Neither vendor documents whether switchback experiments work in a Bayesian mode. Both platforms offer Bayesian analysis for standard experiments, but whether that extends to switchback designs is not addressed in their public documentation. Similarly, neither vendor documents multiple testing corrections for switchback analyses. If you evaluate six metrics in a switchback experiment and ship on the first one that clears the threshold, the false positive rate is uncontrolled unless a correction is applied, exactly as in a standard experiment.
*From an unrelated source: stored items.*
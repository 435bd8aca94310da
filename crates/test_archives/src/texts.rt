// The desk is asked by texts alone: a policy text is loaded, and a query text decided.

ghost use Rattle.std.specs.Prelude.{◌≡◌, ◌+◌, ◌<◌, ◌≤◌, length};

use crate::family::{NONE, Query, TERMS};
use apart::Telling;
use desk::{Reply, Session};
use model::Policy;

fn put_term(text: &mut [u8], at: usize, term: usize)
    requires { (at + 2 ≤ length text.old) × (term < 6) }
    ensures { length text.new ≡ length text.old }
{
    text[at..at + 2].copy_from_slice(&TERMS[term]);
}

// The two terms of a line; the byte between them stays, and all of them where there is no line.
pub fn put_line(text: &mut [u8], at: usize, line: u64)
    requires { at + 5 ≤ length text.old }
    ensures { length text.new ≡ length text.old }
{
    if line < NONE {
        put_term(text, at, (line / 6) as usize);
        put_term(text, at + 3, (line % 6) as usize);
    }
}

// How many lines a number stands for.
fn lines(line: u64) -> usize
    ensures { result ≤ 1 }
{
    usize::from(line < NONE)
}

// The policy of two views and one partition, which grants neither, the first or both. One that is not granted is `#0 #0`.
pub fn policy(first: u64, second: u64) -> Policy {
    let mut text =
        *b"table columns\n1 2\nview table terms\n1 1 #0 #0\n2 1 #0 #0\npartition views\n1 1 2\n";
    put_line(&mut text, 39, first);
    put_line(&mut text, 49, second);
    let end = 72 + 2 * (lines(first) + lines(second));
    text[end] = b'\n';
    load::load(&text[..end + 1]).unwrap_or(load::empty_policy())
}

// The policy of every view of the table, up to the numbers of its variables.
pub fn every_view() -> Policy {
    load::load(
        b"table columns\n1 2\nview table terms\n1 1 !1 !2\n2 1 !1 !1\n3 1 !1 ?3\n4 1 ?3 !1\n5 1 ?3 ?3\n6 1 ?3 ?4\n7 1 !1 #0
8 1 #0 !1\n9 1 !1 #1\n10 1 #1 !1\n11 1 ?3 #0\n12 1 #0 ?3\n13 1 ?3 #1\n14 1 #1 ?3\n15 1 #0 #0\n16 1 #0 #1\n17 1 #1 #0
18 1 #1 #1\npartition views\n1\n",
    )
    .unwrap_or(load::empty_policy())
}

pub fn line_count(q: Query) -> usize
    ensures { result ≤ 3 }
{
    lines(q.first) + lines(q.second) + lines(q.third)
}

// The text of a query. How many bytes it has.
fn put_query(text: &mut [u8], q: Query) -> usize
    requires { length text.old ≡ 36 }
    ensures upper_bound { result ≤ 36 }
    ensures text_len_unchanged { length text.new ≡ length text.old }
{
    put_line(text, 14, q.first);
    put_line(text, 22, q.second);
    put_line(text, 30, q.third);
    12 + 8 * line_count(q)
}

// What the desk says to a query in a session.
pub fn decide(p: Policy, s: Session, q: Query) -> Reply {
    let mut text = *b"table terms\n1 #0 #0\n1 #0 #0\n1 #0 #0\n";
    let end = put_query(&mut text, q);
    let d = desk::decide_checked(p, s, &text[..end]);
    d.reply
}

// How many labels a query has, and the labels, 0 behind the last; none where the desk turns it back.
#[derive(Clone, Copy, PartialEq, Eq)]
pub struct List {
    pub count: u64,
    pub first: u64,
    pub second: u64,
    pub third: u64,
}

pub fn labels(p: Policy, q: Query) -> List {
    let mut text = *b"table terms\n1 #0 #0\n1 #0 #0\n1 #0 #0\n";
    let end = put_query(&mut text, q);
    let mut cells = [0; 3];
    let count = desk::labels(p, &text[..end], &mut cells).unwrap_or(0) as u64;
    List {
        count,
        first: cells[0],
        second: cells[1],
        third: cells[2],
    }
}

// Whether the desk says that the partition settles the query, or gives rows that do not tell it apart.
pub fn not_apart(p: Policy, q: Query) -> bool {
    let mut text = *b"table terms\n1 #0 #0\n1 #0 #0\n1 #0 #0\n";
    let end = put_query(&mut text, q);
    let mut rows = [0; 360];
    match apart::tell_apart(p, 1, &text[..end], &mut rows) {
        Ok(Telling::Apart { rows: count }) => {
            if count < 1 {
                return true;
            }
            if 40 < count {
                return true;
            }
            let to = count * 9;
            !valuations::tells_apart(p, 1, &text[..end], &rows[..to])
        }
        _ => true,
    }
}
If your product requires switchback experiments, the vendor shortlist is short and the implementations are young. The RFP question that matters is not "do you support switchback experiments?" It is whether the analysis behind that support accounts for the properties that make switchback data fundamentally different from user-level data. A switchback implementation without correct variance estimation will produce results that look precise but overstate certainty. The team sees tight confidence intervals, ships the change, and the effect was never real. The intervals looked tight because the analysis counted users as independent observations when the independent units were time periods.